Two sentences with zero waste. First sentence states purpose and scope, second sentence details return content. Every word earns its place and information is front-loaded appropriately.

Shorter descriptions cost fewer tokens and are easier for agents to parse. Every sentence should earn its place.

Completeness3/5

Given the tool's complexity, does the description cover enough for an agent to succeed on first attempt?

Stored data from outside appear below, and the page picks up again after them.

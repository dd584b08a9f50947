//! Moves in letters, as they are printed: two each, with a blank between two moves.

ghost use Rattle.std.specs.Prelude.{◌≡◌, ◌++◌, IfOk, OnOk, All};
ghost use Rattle.fc_moves.specs.MoveText.{HasText};
ghost use Rattle.fc_lists.specs.ListText.{list_text, moves_line};

use fc_moves::{Move, move_text};
use std::alloc::{AllocError, Global};

/// The line of moves: the text of each, with a blank between two.
///
/// # Errors
/// A growth of memory was refused.
pub fn moves_text(alloc: Global, moves: &[Move]) -> Result<Vec<u8>, AllocError>
    requires texts { All HasText moves.now }
    ensures text { IfOk result (λ t. t.items ≡ moves_line moves.now) }
{
    let mut line = Vec::new(alloc);
    push_moves_line(&mut line, moves)?;
    Ok(line)
}

/// Appends the line of the moves to a text.
///
/// # Errors
/// A growth of memory was refused: the text may have a front of the line.
pub fn push_moves_line(text: &mut Vec<u8>, moves: &[Move]) -> Result<(), AllocError>
    requires texts { All HasText moves.now }
    ensures text { OnOk result (text.new.items ≡ text.old.items ++ moves_line moves.now) }
{
    push_moves(text, moves)?;
    text.extend_from_slice(b"\n")?;
    Ok(())
}

/// Appends the texts of moves to a text, with a blank between two.
///
/// # Errors
/// A growth of memory was refused: the text may have those of the first moves.
pub fn push_moves(text: &mut Vec<u8>, moves: &[Move]) -> Result<(), AllocError>
    requires texts { All HasText moves.now }
    ensures text { OnOk result (text.new.items ≡ text.old.items ++ list_text moves.now) }
{
    let Some((first, rest)) = moves.split_first() else {
        return Ok(());
    };
    text.extend_from_slice(&move_text(*first))?;
    for m in rest {
        text.extend_from_slice(b" ")?;
        text.extend_from_slice(&move_text(*m))?;
    }
    Ok(())
}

For a single-parameter read operation with no output schema, the description covers purpose and return content adequately. However, without annotations, it should ideally mention that this is a read-only operation and any authentication requirements. The description is complete enough for basic use but lacks operational context.

Complex tools with many parameters or behaviors need more documentation. Simple tools need less. This dimension scales expectations accordingly.

Parameters3/5

Does the description clarify parameter syntax, constraints, interactions, or defaults beyond what the schema provides?

Schema description coverage is 100%, so the schema already fully documents the single 'period' parameter with its enum values. The description mentions period support but adds no additional semantic meaning beyond what the schema provides. Baseline 3 is appropriate when schema does the heavy lifting.

Input schemas describe structure but not intent. Descriptions should explain non-obvious parameter relationships and valid value ranges.

Purpose5/5

Does the description clearly state what the tool does and how it differs from similar tools?

The description clearly states the specific action ('Get the raw JSON response'), resource ('user's activity goals from Fitbit'), and scope ('daily' and 'weekly' periods). It distinguishes from siblings by focusing on goals rather than timeseries, summaries, exercises, or other data types.

Agents choose between tools based on descriptions. A clear purpose with a specific verb and resource helps agents select the right tool.

Usage Guidelines3/5

Does the description explain when to use this tool, when not to, or what alternatives exist?

The description implies usage for retrieving goal data with period selection, but provides no explicit guidance on when to use this tool versus alternatives like get_activity_timeseries or get_daily_activity_summary. No exclusions or prerequisites are mentioned.

Agents often have multiple tools that could apply. Explicit usage guidance like "use X instead of Y when Z" prevents misuse.